_What needs to be done_: Within the records below is a range that opens at the line with "nodes, by number." and closes at the line with "< length self.now.nodes". Return that range word for word, both ends included, and only that range.

_Source records_:
BEGIN

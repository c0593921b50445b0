//! A world's nodes by number.
ghost use Rattle.std.specs.Prelude.{◌≡◌, ◌<◌, ◌≤◌, IfOk, IfErr, length, map};
ghost use Rattle.std.specs.Borrow.{sem};
ghost use Rattle.ipcz_base.specs.Indexed.{place_at};
ghost use Rattle.ipcz_node.specs.Node.{bare_node};
ghost use Rattle.ipcz_world.specs.RoomyWorlds.{no_room};
ghost use Rattle.ipcz_world.specs.World.{node_limit, new_nodes, numbers_from};

use ipcz_base::Refusal;
use ipcz_node::NodeState;
use std::alloc::Global;
use std::marker::Model;

/// The nodes of the world, by number.
#[derive(Drop)]
pub(crate) struct Nodes {
    states: Vec<NodeState>,
}

impl Model for Nodes {
    ghost use Rattle.std.specs.Prelude.{map};
    ghost use Rattle.std.specs.FinMap.{code};
    ghost use Rattle.std.specs.Coded.{codes};
    ghost use Rattle.ipcz_world.specs.RoomyWorlds.{NodesValue};

    ghost Value = { NodesValue };

    ghost coded = { Prim.hlevel (codes, code) };

    ghost view = { λ a. record {
      nodes = map (λ k. k.node) a.states.items;
      rooms = map (λ k. k.room) a.states.items;
    } };
}

impl Nodes {
    ghost use Rattle.ipcz_world.specs.Lending.{LendsNode};

    /// So many nodes with their first pairs. Its only refusal is `OutOfMemory`.
    pub(crate) fn new(alloc: Global, count: u8) -> Result<Nodes, Refusal>
        requires { count ≤ node_limit }
        ensures nodes { IfOk result (λ s. s.nodes ≡ new_nodes count (numbers_from 0 count)) }
        ensures why { IfErr result (λ e. e ≡ Refusal.OutOfMemory) }
    {
        let mut states = Vec::new(alloc);
        for number in 0..count {
            let state = NodeState::new(alloc, number, count)?;
            let Ok(()) = states.push(state) else {
                return Err(Refusal::OutOfMemory);
            };
        }
        Ok(Nodes { states })
    }

    /// These nodes, by number.
    pub(crate) fn of(states: Vec<NodeState>) -> Nodes
        ensures { result.nodes ≡ map (λ k. k.node) states.items }
    {
        Nodes { states }
    }

    /// The node of a number, to read.
    pub(crate) fn node(&self, n: u8) -> &NodeState
        requires { n < length self.now.nodes }
        ensures { result.now.node ≡ place_at (bare_node 0 0) self.now.nodes n }
    {
        &self.states[n as usize]
    }

    /// The node of a number, to change.
    pub(crate) fn node_mut(&mut self, n: u8) -> &mut NodeState
        requires { n < length self.old.nodes }
        ensures* writes_back { sem 𝓛 (LendsNode self.entry n result) }
        ensures value { result.now.node ≡ place_at (bare_node 0 0) self.old.nodes n }
        ensures room { result.now.room ≡ place_at no_room self.old.rooms n }
    {
        &mut self.states[n as usize]
    }
}
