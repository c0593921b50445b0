//! What a link word answers to an act of a router, and the word after it. No world is needed for that.

ghost use Rattle.std.specs.Prelude.{◌≡◌, None};
ghost use Rattle.ipcz_base.specs.Sides.{opposite};
ghost use Rattle.ipcz_word.specs.Layout.{word_of_bits};
ghost use Rattle.ipcz_word.specs.Laws.{HasNode};
ghost use Rattle.ipcz_world.specs.Coding.{IsLinkNumber};
ghost use Rattle.ipcz_word.specs.SideSets.{has};
ghost use Rattle.ipcz_word.specs.Word.{mark, unlock, plan_of, word_by_plan};
ghost use Rattle.ipcz_world.specs.WordAnswers.{word_answer, word_after, try_answer, woken};

use ipcz_base::Side;
use ipcz_router::act::{Answer, RouterAct};
use ipcz_word::LockPlan;

/// What a word answers, and the word after that.
#[derive(Clone, Copy, Debug, PartialEq, Eq)]
pub struct Answered {
    pub answer: Answer,
    pub word: u64,
}

#[tactic(auto, unfolding(crate::specs::WordAnswers::word_answer, crate::specs::WordAnswers::word_after))]
/// What the word of a link answers to an act of a router at this side, and the word after it; a lock writes the source. An act that
/// touches no word is answered `Plain`. Bits 6 and 7 of the word are none, before and after.
pub fn answer_act(word: u64, side: Side, source: Option<u8>, act: RouterAct) -> Answered
    requires word { IsLinkNumber word }
    requires node { HasNode source }
    ensures answer { result.answer ≡ word_answer (word_of_bits word) side source act }
    ensures word { word_of_bits result.word ≡ word_after (word_of_bits word) side source act }
    ensures valid { IsLinkNumber result.word }
{
    match act {
        RouterAct::Mark => answer_mark(word, side),
        RouterAct::Wake => answer_wake(word, side),
        RouterAct::Lock => answer_lock(word, side, source),
        RouterAct::Unlock => answer_unlock(word, side),
        _ => Answered {
            answer: Answer::Plain,
            word,
        },
    }
}

// Whether the side across waits.
fn other_waits(word: u64, side: Side) -> bool
    requires { IsLinkNumber word }
    ensures { result ≡ has (word_of_bits word).waiting (opposite side) }
{
    ipcz_word::take_waiting(word, side) != word
}

// The side becomes stable.
#[tactic(auto, unfolding(crate::specs::WordAnswers::word_answer), using(crate::proofs::code::WordNumbers::spelled, crate::proofs::code::WordNumbers::kept))]
fn answer_mark(word: u64, side: Side) -> Answered
    requires { IsLinkNumber word }
    ensures answer { result.answer ≡ word_answer (word_of_bits word) side None RouterAct.Mark }
    ensures word { word_of_bits result.word ≡ mark (word_of_bits word) side }
    ensures valid { IsLinkNumber result.word }
{
    let marked = ipcz_word::mark(word, side);
    Answered {
        answer: Answer::Marked(marked, other_waits(word, side)),
        word: marked,
    }
}

// The side across waits no more.
#[tactic(auto, unfolding(crate::specs::WordAnswers::word_answer), using(crate::proofs::code::WordNumbers::spelled, crate::proofs::code::WordNumbers::kept))]
fn answer_wake(word: u64, side: Side) -> Answered
    requires { IsLinkNumber word }
    ensures answer { result.answer ≡ word_answer (word_of_bits word) side None RouterAct.Wake }
    ensures word { word_of_bits result.word ≡ woken (word_of_bits word) side }
    ensures valid { IsLinkNumber result.word }
{
    let woken = ipcz_word::take_waiting(word, side);
    Answered {
        answer: Answer::Word(woken),
        word: woken,
    }
}

// The side gives its lock back.
#[tactic(auto, unfolding(crate::specs::WordAnswers::word_answer), using(crate::proofs::code::WordNumbers::spelled, crate::proofs::code::WordNumbers::kept))]
fn answer_unlock(word: u64, side: Side) -> Answered
    requires { IsLinkNumber word }
    ensures answer { result.answer ≡ word_answer (word_of_bits word) side None RouterAct.Unlock }
    ensures word { word_of_bits result.word ≡ unlock (word_of_bits word) side }
    ensures valid { IsLinkNumber result.word }
{
    let unlocked = ipcz_word::unlock(word, side);
    Answered {
        answer: Answer::Word(unlocked),
        word: unlocked,
    }
}

// The side tries for the lock, and names the source with it.
#[tactic(auto, unfolding(crate::specs::WordAnswers::try_answer, ipcz_word::specs::Word::word_by_plan, ipcz_word::specs::Layout::plan_bits, ipcz_word::specs::Word::plan_of), using(crate::proofs::code::WordNumbers::spelled, crate::proofs::code::WordNumbers::kept))]
fn answer_lock(word: u64, side: Side, source: Option<u8>) -> Answered
    requires word { IsLinkNumber word }
    requires node { HasNode source }
    ensures answer { result.answer ≡ try_answer (word_of_bits word) side source (plan_of (word_of_bits word) side) }
    ensures word { word_of_bits result.word ≡ word_by_plan (word_of_bits word) side source (plan_of (word_of_bits word) side) }
    ensures valid { IsLinkNumber result.word }
{
    match ipcz_word::try_lock(word, side, source) {
        LockPlan::Lock(locked) => Answered {
            answer: Answer::Locked(locked),
            word: locked,
        },
        LockPlan::Wait(waiting) => Answered {
            answer: Answer::Waiting(waiting),
            word: waiting,
        },
        LockPlan::Refused => Answered {
            answer: Answer::Refused(word),
            word,
        },
    }
}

END

_Exercise output_:
    /// These nodes, by number.
    pub(crate) fn of(states: Vec<NodeState>) -> Nodes
        ensures { result.nodes ≡ map (λ k. k.node) states.items }
    {
        Nodes { states }
    }

    /// The node of a number, to read.
    pub(crate) fn node(&self, n: u8) -> &NodeState
        requires { n < length self.now.nodes }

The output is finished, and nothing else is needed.